Be it enacted by the People of the State of Illinois,
represented in the General Assembly:
Section 1. Short title. This Act may be cited as the
Juvenile Drug Court Treatment Act.
Section 5. Purposes. The General Assembly recognizes that
the use and abuse of drugs has a dramatic effect on the
juvenile justice system in the State of Illinois. There is a
critical need for a juvenile justice system program that will
reduce the incidence of drug use, drug addiction, and crimes
committed as a result of drug use and drug addiction. It is
the intent of the General Assembly to create specialized drug
courts with the necessary flexibility to meet the drug
problems in the State of Illinois.
Section 10. Definitions. As used in this Act:
"Drug court", "drug court program", or "program" means an
immediate and highly structured judicial intervention process
for substance abuse treatment of eligible minors that
brings together substance abuse professionals, local social
programs, and intensive judicial monitoring in accordance
with the nationally recommended 10 key components of drug
courts.
"Drug court professional" means a judge, prosecutor,
defense attorney, probation officer, or treatment provider
involved with the drug court program.
"Pre-adjudicatory drug court program" means a program
that allows the minor, with the consent of the
prosecution, to expedite the minor's delinquency case and
requires successful completion of the drug court program
as part of the agreement.
"Post-adjudicatory drug court program" means a program in
which the minor has admitted guilt or has been found
guilty and agrees, along with the prosecution, to enter a
drug court program as part of the minor's disposition.
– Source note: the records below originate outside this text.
// What was read, as the left operand of as many operators of a precedence as stand here, but of `most` at most. The
// operands after them are of the precedence `right`.
#[cycle(expressions)]
#[tactic(auto, using(crate::proofs::Loops::loops))]
fn operands_at<'a>(
    furthest: &mut Furthest,
    precedence: u32,
    right: u32,
    most: usize,
    inner: u8,
    first: ExprTree,
    first_height: u32,
    tokens: &'a [Token],
) -> Result<(ExprTree, u32, &'a [Token]), NoMemory>
    requires low { first_height ≤ inner + 1 }
    ensures read { GivesOne result (grow joined inner (operand_at precedence right (expr_at inner)) most first first_height tokens.now) }
    ensures within { WithinOne (inner + 1) result }
{
    let mut so_far = first;
    let mut height = first_height;
    let mut rest = tokens;
    for _turn in 0..most {
        if u32::from(inner) < height {
            return Ok((so_far, height, rest));
        }
        let Some((operand, operand_height, after)) = operand_at(
            furthest, precedence, right, inner, rest,
        )?
        else {
            return Ok((so_far, height, rest));
        };
        so_far = joined(furthest.alloc, so_far, operand)?;
        height = height.max(operand_height) + 1;
        rest = after;
    }
    Ok((so_far, height, rest))
}

// `? expr : expr`
#[cycle(expressions)]
#[tactic(auto, unfolding(crate::specs::Reading::branches_at))]
fn branches_at<'a>(
    furthest: &mut Furthest,
    inner: u8,
    tokens: &'a [Token],
) -> Result<Option<(Branches, u32, &'a [Token])>, NoMemory>
    ensures read { Gives result (branches_at (expr_at inner) tokens.now) }
    ensures within { Within inner result }
{
    let Some((at, rest)) = mark_at(furthest, b"?", tokens) else {
        return Ok(None);
    };
    let Some((chosen, chosen_height, rest)) = closed_at(furthest, b":", inner, rest)? else {
        return Ok(None);
    };
    let Some((otherwise, height, rest)) = expr_at(furthest, inner, 10, rest)? else {
        return Ok(None);
    };
    let branches = Branches {
        at,
        chosen,
        otherwise: Boxed::new(furthest.alloc, otherwise)?,
    };
    Ok(Some((branches, chosen_height.max(height), rest)))
}

// What was read, as the condition of a choice where one stands here.
#[cycle(expressions)]
#[tactic(auto, using(crate::proofs::Loops::choice_loops))]
fn choice_at<'a>(
    furthest: &mut Furthest,
    inner: u8,
    condition: ExprTree,
    height: u32,
    tokens: &'a [Token],
) -> Result<(ExprTree, u32, &'a [Token]), NoMemory>
    requires low { height ≤ inner + 1 }
    ensures read { GivesOne result (grow chosen inner (branches_at (expr_at inner)) 1 condition height tokens.now) }
    ensures within { WithinOne (inner + 1) result }
{
    if u32::from(inner) < height {
        return Ok((condition, height, tokens));
    }
    let Some((branches, branches_height, rest)) = branches_at(furthest, inner, tokens)? else {
        return Ok((condition, height, tokens));
    };
    let tree = chosen(furthest.alloc, condition, branches)?;
    Ok((tree, height.max(branches_height) + 1, rest))
}

// How an expression of the precedence below goes on at this precedence, from 3 to 10.
#[cycle(expressions)]
#[tactic(auto, unfolding(crate::specs::Reading::more_at))]
fn more_at<'a>(
    furthest: &mut Furthest,
    precedence: u32,
    inner: u8,
    first: ExprTree,
    height: u32,
    tokens: &'a [Token],
) -> Result<(ExprTree, u32, &'a [Token]), NoMemory>
    requires some { 1 ≤ precedence }
    requires low { height ≤ inner + 1 }
    ensures read { GivesOne result (more_at precedence inner (expr_at inner) first height tokens.now) }
    ensures within { WithinOne (inner + 1) result }
{
    if precedence == 3 {
        return operands_at(furthest, 3, 3, 1, inner, first, height, tokens);
    }
    if precedence == 10 {
        return choice_at(furthest, inner, first, height, tokens);
    }
    operands_at(
        furthest,
        precedence,
        precedence - 1,
        tokens.len(),
        inner,
        first,
        height,
        tokens,
    )
}

// Precedences 3 to 10.
#[cycle(expressions)]
fn loose_at<'a>(
    furthest: &mut Furthest,
    precedence: u32,
    inner: u8,
    tokens: &'a [Token],
) -> Result<Option<(ExprTree, u32, &'a [Token])>, NoMemory>
    requires { 1 ≤ precedence }
    ensures read { Gives result (loose precedence inner (expr_at inner) (ladder inner (expr_at inner) (precedence - 1)) tokens.now) }
    ensures within { Within (inner + 1) result }
{
    let Some((first, height, rest)) = rung_at(furthest, precedence - 1, inner, tokens)? else {
        return Ok(None);
    };
    Ok(Some(more_at(furthest, precedence, inner, first, height, rest)?))
}

// An expression of one of the ten precedences.
#[cycle(expressions)]
#[tactic(auto, using(crate::proofs::Loops::ladders))]
fn rung_at<'a>(
    furthest: &mut Furthest,
    precedence: u32,
    inner: u8,
    tokens: &'a [Token],
) -> Result<Option<(ExprTree, u32, &'a [Token])>, NoMemory>
    ensures read { Gives result (ladder inner (expr_at inner) precedence tokens.now) }
    ensures within { Within (inner + 1) result }
{
    if precedence == 0 {
        return Ok(None);
    }
    if precedence == 1 {
        return postfix_at(furthest, inner, tokens);
    }
    if precedence == 2 {
        return prefix_at(furthest, inner, tokens);
    }
    loose_at(furthest, precedence, inner, tokens)
}

/// An expression of one of the ten precedences, from 1 to 10, whose tree has at most so many levels: the longest
/// that stands here.
#[cycle(expressions)]
#[tactic(auto, using(crate::proofs::Loops::expr_levels))]
pub fn expr_at<'a>(
    furthest: &mut Furthest,
    levels_left: u8,
    precedence: u32,
    tokens: &'a [Token],
) -> Result<Option<(ExprTree, u32, &'a [Token])>, NoMemory>
    ensures read { Gives result (expr_at levels_left precedence tokens.now) }
    ensures within { Within levels_left result }
{
    if levels_left == 0 {
        return Ok(None);
    }
    rung_at(furthest, precedence, levels_left - 1, tokens)
}

// The first level that is too high.
const TOO_HIGH: u32 = MAX_LEVELS as u32 + 1;

/// The longest expression that begins at the token `from` and whose tree has at most `MAX_LEVELS` levels, where its outermost
/// node has the level `level`, from 1 on; and the first token after it.
pub fn parse_expr(
    alloc: Global,
    tokens: &[Token],
    from: u32,
    level: u32,
) -> Result<(ExprTree, u32), ParseFault>
    requires few { length tokens.now ≤ MAX_FILE_BYTES }
    requires within { from ≤ length tokens.now }
    requires levels_left { (1 ≤ level) × (level ≤ MAX_LEVELS) }
    ensures { Finds result tokens.now from level }
{
    let mut furthest = Furthest::new(alloc);
    let rest = &tokens[from as usize..];
    let Some((tree, _, after)) = expr_at(&mut furthest, (TOO_HIGH - level) as u8, 10, rest)? else {
        return Err(ParseFault::NoTree {
            at: furthest.place(tokens),
        });
    };
    Ok((tree, (tokens.len() - after.len()) as u32))
}
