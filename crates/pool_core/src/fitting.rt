// Whether a batch fits what was seen.

ghost use Rattle.std.specs.Prelude.{◌≡◌, ◌↔◌, IsTrue};
ghost use Rattle.pool_lock.specs.Entries.{StartsWith};

use crate::alike::all_alike;
use chc_form::Lemma;

/// Whether the lemmas begin with these.
pub fn starts_with(lemmas: &[Lemma], front: &[Lemma]) -> bool
    ensures { IsTrue result ↔ StartsWith lemmas.now front.now }
{
    front.len() <= lemmas.len() && all_alike(&lemmas[..front.len()], front)
}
"Combination drug court program" means a drug court
program that includes a pre-adjudicatory drug court program
and a post-adjudicatory drug court program.
Section 15. Authorization. The Chief Judge of each
judicial circuit may establish a drug court program for
minors including the format under which it operates under
this Act.
Section 20. Eligibility.
(a) A minor may be admitted into a drug court
program only upon the agreement of the prosecutor and the
minor and with the approval of the court.
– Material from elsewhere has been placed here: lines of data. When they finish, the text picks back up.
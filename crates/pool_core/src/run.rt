// A list of events, one after another.

ghost use Rattle.std.specs.Prelude.{◌↔◌, IsTrue};
ghost use Rattle.pool_core.specs.Steps.{IsInRange};
ghost use Rattle.pool_core.specs.Runs.{AreInRange, RanTo, Adds};

use crate::events::{Event, Told};
use crate::state::PoolCore;
use chc_nums::NoMemory;
use std::alloc::Global;

// One event more, with what is told of it. Without memory all stays as it was.
fn step_on(
    core: &mut PoolCore,
    alloc: Global,
    e: Event,
    told: &mut Vec<Told>,
) -> Result<(), NoMemory>
    requires { IsInRange core.old e }
    ensures { Adds core.old e core.new told.old.items told.new.items result }
{
    told.reserve(1)?;
    match core.step(alloc, e) {
        Ok(t) => {
            told.push_reserved(t);
            Ok(())
        }
        Err((_, e)) => Err(e),
    }
}

/// Whether there are the worker and the query of each event.
pub fn are_in_range(core: &PoolCore, events: &[Event]) -> bool
    ensures { IsTrue result ↔ AreInRange core.now events.now }
{
    let mut rest = events;
    while let [e, more @ ..] = rest {
        if !core.is_in_range(e) {
            return false;
        }
        rest = more;
    }
    true
}

/// Does events in order, and tells what came of each. Without memory for one of them the core stands as after the events
/// before that one.
pub fn run_core(
    core: &mut PoolCore,
    alloc: Global,
    events: Vec<Event>,
) -> Result<Vec<Told>, NoMemory>
    requires { AreInRange core.old events.items }
    ensures { RanTo core.old events.items core.new result }
{
    let mut told = Vec::new(alloc);
    let mut left = events.into_iter();
    while let Some(e) = left.next() {
        match step_on(core, alloc, e, &mut told) {
            Ok(()) => {}
            Err(e) => return Err(e),
        }
    }
    left.destroy_empty();
    Ok(told)
}
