// Whether two systems, or two lists of lemmas, are the same data.

ghost use Rattle.std.specs.Prelude.{◌≡◌, ◌↔◌, IsTrue};

use chc_form::{App, Con, Lemma, Lin, Query, Rule, Sort, System};
use chc_nums::List;
use lists::all_same;

/// What can be told apart, of the types of other crates.
pub trait Alike {
    /// Whether both are the same data.
    fn is_alike(&self, other: &Self) -> bool
        ensures { IsTrue result ↔ (self.now ≡ other.now) };
}

/// Whether two lists have the same entries in the same order.
pub fn all_alike<T: Alike>(a: &[T], b: &[T]) -> bool
    ensures { IsTrue result ↔ (a.now ≡ b.now) }
{
    let mut xs = a;
    let mut ys = b;
    while let [x, more_xs @ ..] = xs {
        match ys {
            [] => return false,
            [y, more_ys @ ..] => {
                if !x.is_alike(y) {
                    return false;
                }
                xs = more_xs;
                ys = more_ys;
            }
        }
    }
    ys.is_empty()
}

impl Alike for Lemma {
    fn is_alike(&self, other: &Lemma) -> bool {
        self.is_same(other)
    }
}

impl Alike for Lin {
    fn is_alike(&self, other: &Lin) -> bool {
        self.is_same(other)
    }
}

impl<T: Alike> Alike for List<T> {
    fn is_alike(&self, other: &List<T>) -> bool {
        all_alike(self.as_slice(), other.as_slice())
    }
}

impl Alike for Sort {
    fn is_alike(&self, other: &Sort) -> bool {
        match self {
            Sort::Whole(ty) => matches!(other, Sort::Whole(its) if ty == its),
            Sort::Free => matches!(other, Sort::Free),
            Sort::Map(keys, ty) => match other {
                Sort::Map(others, its) => {
                    ty == its && all_same(keys.as_slice(), others.as_slice())
                }
                Sort::Whole(_) | Sort::Free => false,
            },
        }
    }
}

impl Alike for Con {
    fn is_alike(&self, other: &Con) -> bool {
        match self {
            Con::Le(a) => matches!(other, Con::Le(b) if a.is_alike(b)),
            Con::Differ(a) => matches!(other, Con::Differ(b) if a.is_alike(b)),
            Con::Mul(a, b, v) => {
                matches!(other, Con::Mul(c, d, w) if v == w && a.is_alike(c) && b.is_alike(d))
            }
            Con::Div(a, b, v) => {
                matches!(other, Con::Div(c, d, w) if v == w && a.is_alike(c) && b.is_alike(d))
            }
            Con::Rem(a, b, v) => {
                matches!(other, Con::Rem(c, d, w) if v == w && a.is_alike(c) && b.is_alike(d))
            }
            Con::Sel(m, keys, v) => {
                matches!(other, Con::Sel(n, others, w) if m == n && v == w && keys.is_alike(others))
            }
            Con::Sto(m, n, keys, value) => {
                matches!(other, Con::Sto(p, q, others, its) if m == p && n == q && keys.is_alike(others) && value.is_alike(its))
            }
            Con::Zero(m) => matches!(other, Con::Zero(n) if m == n),
        }
    }
}

impl Alike for App {
    fn is_alike(&self, other: &App) -> bool {
        self.pred == other.pred && all_same(self.args.as_slice(), other.args.as_slice())
    }
}

impl Alike for Rule {
    fn is_alike(&self, other: &Rule) -> bool {
        self.vars.is_alike(&other.vars)
            && self.body.is_alike(&other.body)
            && self.cons.is_alike(&other.cons)
            && self.head.is_alike(&other.head)
    }
}

impl Alike for Query {
    fn is_alike(&self, other: &Query) -> bool {
        self.target == other.target
            && self.vars.is_alike(&other.vars)
            && self.body.is_alike(&other.body)
            && self.cons.is_alike(&other.cons)
    }
}

impl Alike for System {
    fn is_alike(&self, other: &System) -> bool {
        self.preds.is_alike(&other.preds)
            && self.rules.is_alike(&other.rules)
            && self.queries.is_alike(&other.queries)
    }
}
(b) A minor shall be excluded from a drug court
program if any of one of the following apply:
(1) The crime is a crime of violence as set forth in
clause (4) of this subsection (b).
(2) The minor denies his or her use of or
addiction to drugs.
(3) The minor does not demonstrate a
willingness to participate in a treatment program.
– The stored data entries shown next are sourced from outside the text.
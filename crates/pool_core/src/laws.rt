// What every list of events keeps and brings.

ghost use Rattle.std.specs.Prelude.{◌≡◌, ℕ, ◌++◌, List, true, Some, slice_get};
ghost use Rattle.chc_form.specs.declared.system.System.{System};
ghost use Rattle.chc_form.specs.Solving.{Solves};
ghost use Rattle.chc_form.specs.WellMade.{well_made};
ghost use Rattle.pool_state.specs.Content.{Content};
ghost use Rattle.pool_state.specs.Items.{items_in};
ghost use Rattle.pool_core.specs.declared.events.Event.{Event};
ghost use Rattle.pool_core.specs.declared.events.Told.{Told};
ghost use Rattle.pool_core.specs.Core.{Core, IsFront, IsCore, beginning};
ghost use Rattle.pool_core.specs.Runs.{Runs, AreBatches, joins};

/// A core begins as one, and every list of events keeps it one. Its lemmas solve the rules, and so do those that a worker has
/// seen, which are a prefix of the pool. What events bring to the pool are the batches that were placed, in order, each by
/// its worker; and what a worker sees begins with what it had seen.
#[tactic(auto, using(crate::proofs::Keeping::keeping))]
pub fn core_law()
    ensures begins { (s : System) (n : ℕ) → well_made s ≡ true → IsCore (beginning s n) }
    ensures kept { (c d : Core) (es : List Event) (ts : List Told) → IsCore c → AreBatches es → Runs c es ts d → IsCore d }
    ensures solved { (c : Core) → IsCore c → Solves c.pool.system c.pool.lemmas }
    ensures seen { (c : Core) (k : ℕ) (had : Content) → IsCore c → slice_get c.seen k ≡ Some had → IsFront had c.pool × Solves had.system had.lemmas }
    ensures brought { (c d : Core) (es : List Event) (ts : List Told) → IsCore c → AreBatches es → Runs c es ts d → items_in d.pool ≡ items_in c.pool ++ joins es ts }
    ensures longer { (c d : Core) (es : List Event) (ts : List Told) (k : ℕ) (had has : Content) → IsCore c → AreBatches es → Runs c es ts d → slice_get c.seen k ≡ Some had → slice_get d.seen k ≡ Some has → IsFront had has }
{}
(4) The minor has been adjudicated delinquent for
a crime of violence within the past 10 years excluding
incarceration time, including but not limited to: first
degree murder, second degree murder, predatory
criminal sexual assault of a child, criminal sexual
assault, armed robbery, aggravated arson, arson,
aggravated kidnapping, kidnapping, aggravated
battery resulting in great bodily harm or permanent
disability, stalking, aggravated stalking, or any
offense involving the discharge of a firearm.
Section 25. Procedure.
(a) The court shall order an eligibility screening and
an assessment of the minor by an agent designated by the
State of Illinois to provide assessment services for the
Illinois Courts. An assessment need not be ordered if the
court finds a valid assessment related to the present charge
pending against the minor has been completed within the
previous 60 days.
(b) The judge shall inform the minor that if the
minor fails to meet the conditions of the drug court
program, eligibility to participate in the program may be
revoked and the minor may be sentenced or the prosecution
continued as provided in the Juvenile Court Act of 1987 for
the crime charged.
(c) The minor shall execute a written agreement as to
his or her participation in the program and shall agree to
all of the terms and conditions of the program, including but
not limited to the possibility of sanctions or incarceration
for failing to abide or comply with the terms of the program.
(d) In addition to any conditions authorized under
Sections 5-505, 5-710, and 5-715, the court may order the
minor to complete substance abuse treatment in an
outpatient, inpatient, residential, or detention-based
custodial treatment program. Any period of time a minor
shall serve in a detention-based treatment program may not
be reduced by the accumulation of good time or other
credits and may be for a period of up to 120 days.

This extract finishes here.